PROBLEM TO WORK ON: If a line of the records contains the word "generator", list it.

___ SOURCE DATA ___

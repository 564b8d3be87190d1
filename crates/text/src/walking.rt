// The lines of a text, one after the other.
ghost use Rattle.std.specs.Prelude.{◌≡◌};
ghost use Rattle.std.specs.Iterator.{YieldsFirstRef, item_count};
ghost use Rattle.text.specs.Left.{lines_left};
ghost use Rattle.text.specs.Lines.{lines as «lines_of»};

use crate::cuts::cut;

// The lines of a text from one on: those of what is left of it.
#[derive(Drop)]
pub struct EachLine<'a> {
    rest: &'a [u8],
}

// The lines of a text.
pub fn lines(text: &[u8]) -> EachLine<'_>
    ensures { lines_left result ≡ «lines_of» text.now }
{
    EachLine { rest: text }
}

impl<'a> Iterator for EachLine<'a> {
    type Item = &'a [u8];

    ghost next_gives = { YieldsFirstRef lines_left };

    ghost remaining = { item_count lines_left };

    fn next(&mut self) -> Option<&'a [u8]> {
        let text = self.rest;
        if text.is_empty() {
            return None;
        }
        let (line, behind) = cut(text, b'\n');
        self.rest = behind;
        Some(line)
    }
}
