//! The configuration and the trace of a storm, which tests a provider and three relying parties with many logins.
//!
//! | Module | What it has | Its definitions, in `specs/` |
//! |---|---|---|
//! | `config` | [`storm_config`] | `Config` |
//! | `lines` | the lines of a trace | `Lines` |
//! | `login` | the logins | `Logins` |
//! | `trace` | [`storm_trace`] | `Trace` |
//! | `law` | [`storms_are_accepted`] | `Parties` |
#![tactic(auto)]

mod config;
mod law;
mod lines;
mod login;
mod trace;

pub use config::storm_config;
pub use law::storms_are_accepted;
pub use trace::storm_trace;
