// The logins of a storm: the user and the party, the variation, and the lines of the trace.

ghost use Rattle.std.specs.Prelude.{◌≡◌, ◌≤◌, ◌<◌, ◌^◌, ◌+◌, ◌++◌, string_bytes, IfOk, OnOk};
ghost use Rattle.storm_texts.specs.Logins as spec;

use crate::lines::{push_at, push_begin, push_exchange, push_follow, push_login, push_visit};
use sso_base::NoMemory;
use std::alloc::Global;

/// A browser that logs in nowhere.
const OTHER: u32 = 65_535;

/// The user of a login.
#[derive(Clone, Copy)]
pub(crate) enum User {
    Alice,
    Bob,
}

/// The party of a login. Each has another flow.
#[derive(Clone, Copy, PartialEq, Eq)]
pub(crate) enum Party {
    /// The code flow (OpenID Connect Core 1.0, 3.1).
    Shop,
    /// The implicit flow (Core 3.2).
    News,
    /// The hybrid flow, and UserInfo (Core 3.3 and 5.3).
    Mail,
}

/// The variation of a login.
#[derive(Clone, Copy, PartialEq, Eq)]
pub(crate) enum Twist {
    /// None.
    Plain,
    /// The browser follows the answer a second time.
    AnswerAgain,
    /// Another browser follows the answer first.
    OtherBrowser,
    /// The browser posts the same login form a second time.
    LoginAgain,
}

/// One login.
#[derive(Clone, Copy)]
pub(crate) struct Login {
    /// The moment, in seconds.
    at: u32,
    browser: u32,
    user: User,
    party: Party,
    twist: Twist,
    /// The number of places before it.
    places: u64,
}

fn user_of(state: u64) -> User
    ensures { result ≡ spec.user_of state }
{
    if state < 1 << 63 {
        User::Alice
    } else {
        User::Bob
    }
}

fn party_of(k: u32) -> Party
    ensures { result ≡ spec.party_of k }
{
    match k % 3 {
        0 => Party::Shop,
        1 => Party::News,
        _ => Party::Mail,
    }
}

fn twist_of(k: u32) -> Twist
    ensures { result ≡ spec.twist_of k }
{
    match k / 3 % 4 {
        0 => Twist::Plain,
        1 => Twist::AnswerAgain,
        2 => Twist::OtherBrowser,
        _ => Twist::LoginAgain,
    }
}

impl User {
    // The name and the password.
    fn credentials(self) -> &'static str
        ensures { result.now ≡ spec.credentials self }
    {
        match self {
            User::Alice => "alice password",
            User::Bob => "bob password",
        }
    }
}

impl Party {
    fn name(self) -> &'static str
        ensures { result.now ≡ spec.party_name self }
    {
        match self {
            Party::Shop => "shop",
            Party::News => "news",
            Party::Mail => "mail",
        }
    }
}

impl Login {
    /// The login number k, from 0, given the state of the generator and the number of places before it.
    pub(crate) fn new(k: u32, state: u64, places: u64) -> Login
        requires { k < 2 ^ 31 }
        ensures { result ≡ spec.login_of k state places }
    {
        Login {
            at: 1000 + k,
            browser: k + 1,
            user: user_of(state),
            party: party_of(k),
            twist: twist_of(k),
            places,
        }
    }

    // Adds the lines up to the login form.
    fn push_begun(&self, alloc: Global, out: &mut String) -> Result<(), NoMemory>
        requires { self.now.places < 2 ^ 40 }
        ensures { OnOk result (string_bytes out.new ≡ string_bytes out.old ++ spec.begun_lines self.now) }
    {
        push_at(alloc, out, self.at)?;
        push_begin(alloc, out, self.browser, self.party.name())?;
        push_follow(alloc, out, self.browser, self.places + 1)?;
        push_login(
            alloc,
            out,
            self.browser,
            self.places + 2,
            self.user.credentials(),
        )
    }

    // Adds that another browser follows the answer first, in that variation. Returns the number of places that this takes.
    fn push_other(&self, alloc: Global, out: &mut String) -> Result<u64, NoMemory>
        requires { self.now.places < 2 ^ 40 }
        ensures lines { OnOk result (string_bytes out.new ≡ string_bytes out.old ++ spec.other_lines self.now.twist (self.now.places + 3)) }
        ensures places { IfOk result (λ n. n ≡ spec.others self.now.twist) }
    {
        if self.twist == Twist::OtherBrowser {
            push_follow(alloc, out, OTHER, self.places + 3)?;
            return Ok(1);
        }
        Ok(0)
    }

    // Adds the party's requests to the provider, from this place on.
    fn push_exchanged(&self, alloc: Global, out: &mut String, asked: u64) -> Result<(), NoMemory>
        requires { asked < 2 ^ 41 }
        ensures { OnOk result (string_bytes out.new ≡ string_bytes out.old ++ spec.exchanged_lines self.now.party asked) }
    {
        match self.party {
            Party::Shop => push_exchange(alloc, out, asked),
            Party::News => Ok(()),
            Party::Mail => {
                push_exchange(alloc, out, asked)?;
                push_exchange(alloc, out, asked + 2)
            }
        }
    }

    // Adds the lines of the answer.
    fn push_answer(&self, alloc: Global, out: &mut String) -> Result<(), NoMemory>
        requires { self.now.places < 2 ^ 40 }
        ensures { OnOk result (string_bytes out.new ≡ string_bytes out.old ++ spec.answer_lines self.now) }
    {
        let others = self.push_other(alloc, out)?;
        push_follow(alloc, out, self.browser, self.places + 3)?;
        self.push_exchanged(alloc, out, self.places + 4 + others)
    }

    // Adds that the browser repeats a step, in those variations.
    fn push_again(&self, alloc: Global, out: &mut String) -> Result<(), NoMemory>
        requires { self.now.places < 2 ^ 40 }
        ensures { OnOk result (string_bytes out.new ≡ string_bytes out.old ++ spec.again_lines self.now self.now.twist) }
    {
        match self.twist {
            Twist::AnswerAgain => push_follow(alloc, out, self.browser, self.places + 3),
            Twist::LoginAgain => {
                push_login(
                    alloc,
                    out,
                    self.browser,
                    self.places + 2,
                    self.user.credentials(),
                )
            }
            Twist::Plain | Twist::OtherBrowser => Ok(()),
        }
    }

    /// Adds the lines of the login.
    #[tactic(auto, unfolding(crate::specs::Logins::login_lines))]
    pub(crate) fn push(&self, alloc: Global, out: &mut String) -> Result<(), NoMemory>
        requires { self.now.places < 2 ^ 40 }
        ensures { OnOk result (string_bytes out.new ≡ string_bytes out.old ++ spec.login_lines self.now) }
    {
        self.push_begun(alloc, out)?;
        self.push_answer(alloc, out)?;
        push_visit(alloc, out, self.browser, self.party.name())?;
        self.push_again(alloc, out)
    }

    /// The number of places that its lines take.
    pub(crate) fn places(&self) -> u64
        ensures places { result ≡ spec.places_of self.now }
        ensures few { result ≤ 10 }
    {
        let exchanges = match self.party {
            Party::Shop => 2,
            Party::News => 0,
            Party::Mail => 4,
        };
        5 + exchanges + (self.twist != Twist::Plain) as u64
    }
}
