// The configuration of a storm.

ghost use Rattle.std.specs.Prelude.{◌≡◌, IfOk};
ghost use Rattle.storm_texts.specs.Config as spec;
ghost use Rattle.storm_texts.specs.Config.{config_text};

use sso_base::{Blob, NoMemory};
use std::alloc::Global;

#[tactic(auto, unfolding(crate::specs::Config::provider_text))]
fn provider() -> &'static str
    ensures { result.now ≡ spec.provider_text }
{
    "version = 1
[provider]
issuer = \"http://127.0.0.1:8080\"
listen = \"127.0.0.1:8080\"
salt = \"00112233445566778899aabbccddeeff\"
"
}

#[tactic(auto, unfolding(crate::specs::Config::users_text))]
fn users() -> &'static str
    ensures { result.now ≡ spec.users_text }
{
    "[[user]]
id = \"alice\"
salt = \"73616c74\"
rounds = 1
proof = \"120fb6cffcf8b32c43e7225256c4f837a86548c92ccc35480805987cb70be17b\"
[user.claims]
name = \"Alice Adams\"
email = \"alice@example.org\"
email_verified = true
[[user]]
id = \"bob\"
salt = \"73616c74\"
rounds = 2
proof = \"ae4d0c95af6b46d32d0adff928f06dd02a303f8ef3c251dfd6e2d85a95474c43\"
"
}

#[tactic(auto, unfolding(crate::specs::Config::clients_text))]
fn clients() -> &'static str
    ensures { result.now ≡ spec.clients_text }
{
    "[[client]]
id = \"shop-client\"
secret = \"shop-secret-shop-secret-shop-secret\"
consent = \"given\"
redirect_uris = [\"http://127.0.0.1:8081/cb\"]
logout_uri = \"http://127.0.0.1:8081/logout\"
logout_session = true
[[client]]
id = \"news-client\"
secret = \"news-secret-news-secret-news-secret\"
redirect_uris = [\"http://127.0.0.1:8082/cb\"]
response_types = [\"id_token token\"]
consent = \"given\"
logout_uri = \"http://127.0.0.1:8082/logout\"
[[client]]
id = \"mail-client\"
secret = \"mail-secret-mail-secret-mail-secret\"
redirect_uris = [\"http://127.0.0.1:8083/cb\"]
response_types = [\"code id_token\"]
consent = \"given\"
"
}

#[tactic(auto, unfolding(crate::specs::Config::parties_text))]
fn parties() -> &'static str
    ensures { result.now ≡ spec.parties_text }
{
    "[[party]]
name = \"shop\"
client = \"shop-client\"
redirect_uri = \"http://127.0.0.1:8081/cb\"
listen = \"127.0.0.1:8081\"
scope = \"openid profile\"
[[party]]
name = \"news\"
client = \"news-client\"
redirect_uri = \"http://127.0.0.1:8082/cb\"
listen = \"127.0.0.1:8082\"
response_type = \"id_token token\"
[[party]]
name = \"mail\"
client = \"mail-client\"
redirect_uri = \"http://127.0.0.1:8083/cb\"
listen = \"127.0.0.1:8083\"
response_type = \"code id_token\"
scope = \"openid email\"
userinfo = true
signed = true
"
}

/// The configuration of every storm: two users, and three clients, each of which is a party and has the users' consent. It
/// equals `examples/sample.toml`, except that the client of the party `shop` does not prompt the users for consent.
#[tactic(auto, unfolding(crate::specs::Config::config_text))]
pub fn storm_config(alloc: Global) -> Result<Blob, NoMemory>
    ensures { IfOk result (λ b. b ≡ config_text) }
{
    let mut text = String::from_str(alloc, provider())?;
    text.push_str(users())?;
    text.push_str(clients())?;
    text.push_str(parties())?;
    Ok(Blob::from_vec(text.into_bytes()))
}
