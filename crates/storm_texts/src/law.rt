// Lemmas: the configuration and the trace of a storm are accepted.

ghost use Rattle.std.specs.Prelude.{◌≡◌, true, Ok, is_ok};
ghost use Rattle.client_registry.specs.Configuration.{Configuration};
ghost use Rattle.client_registry.specs.Reading.{registry_read};
ghost use Rattle.storm_texts.specs.Config.{config_text};
ghost use Rattle.storm_texts.specs.Parties.{KnowsParties};
ghost use Rattle.storm_texts.specs.Laws.{StormsAreAccepted};

/// The configuration of a storm is accepted, and has the parties of its logins. Every configuration with these parties accepts
/// the trace of a storm. The trace has the seed of the storm's number, and its lines take as many places as the storm counts.
pub fn storms_are_accepted()
    ensures configured { is_ok (registry_read config_text) ≡ true }
    ensures parties { (c : Configuration) → registry_read config_text ≡ Ok c → KnowsParties c }
    ensures trace { StormsAreAccepted }
{}
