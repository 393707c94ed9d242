// The trace of a storm.

ghost use Rattle.std.specs.Prelude.{◌≡◌, ◌≤◌, ◌++◌, ◌∷◌, [], string_bytes, IfOk};
ghost use Rattle.std.specs.Int.{w64, to_be_bytes};
ghost use Rattle.storm_texts.specs.Logins as logins;
ghost use Rattle.storm_texts.specs.Trace as spec;
ghost use Rattle.storm_texts.specs.Trace.{trace_text};

use crate::login::Login;
use sso_base::{Blob, NoMemory};
use std::alloc::Global;

// The next state of the generator.
#[tactic(auto, using(crate::proofs::Next::same_next))]
fn next(state: u64) -> u64
    ensures { result ≡ logins.next state }
{
    state
        .wrapping_mul(6_364_136_223_846_793_005)
        .wrapping_add(1_442_695_040_888_963_407)
}

// The seed of the random words.
fn seed_of(alloc: Global, number: u64) -> Result<Vec<u8>, NoMemory>
    ensures { IfOk result (λ seed. seed.items ≡ spec.seed_of number) }
{
    let mut seed = Vec::new(alloc);
    seed.extend_from_slice(&[0; 16])?;
    seed.extend_from_slice(&number.to_be_bytes())?;
    Ok(seed)
}

// The first line.
#[tactic(auto, unfolding(crate::specs::Trace::header))]
fn header(alloc: Global, number: u64) -> Result<String, NoMemory>
    ensures { IfOk result (λ text. string_bytes text ≡ spec.header number) }
{
    let seed = seed_of(alloc, number)?;
    let digits = hex::encode(alloc, seed.as_slice())?;
    Ok(format!(in alloc; "sso-trace 1 {}\n", digits.as_str())?)
}

/// The trace of a storm of `count` logins, each of its own browser, at three parties in turn. Each login makes two to four
/// requests to the provider. In a fourth of them the browser follows the answer twice, in a fourth another browser follows it,
/// and in a fourth the login form is posted twice. A linear congruential generator, which starts with `number`, chooses the
/// users.
#[tactic(auto, unfolding(crate::specs::Trace::trace_text))]
pub fn storm_trace(alloc: Global, number: u32, count: u32) -> Result<Blob, NoMemory>
    requires { count ≤ 10000 }
    ensures { IfOk result (λ b. b ≡ trace_text number count) }
{
    let mut state = number as u64;
    let mut out = header(alloc, state)?;
    let mut places = 0u64;
    for k in 0..count {
        state = next(state);
        let login = Login::new(k, state, places);
        login.push(alloc, &mut out)?;
        places += login.places();
    }
    Ok(Blob::from_vec(out.into_bytes()))
}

___

WRITTEN RESPONSE:
    /// The login number k, from 0, given the state of the generator and the number of places before it.
// The next state of the generator.
/// and in a fourth the login form is posted twice. A linear congruential generator, which starts with `number`, chooses the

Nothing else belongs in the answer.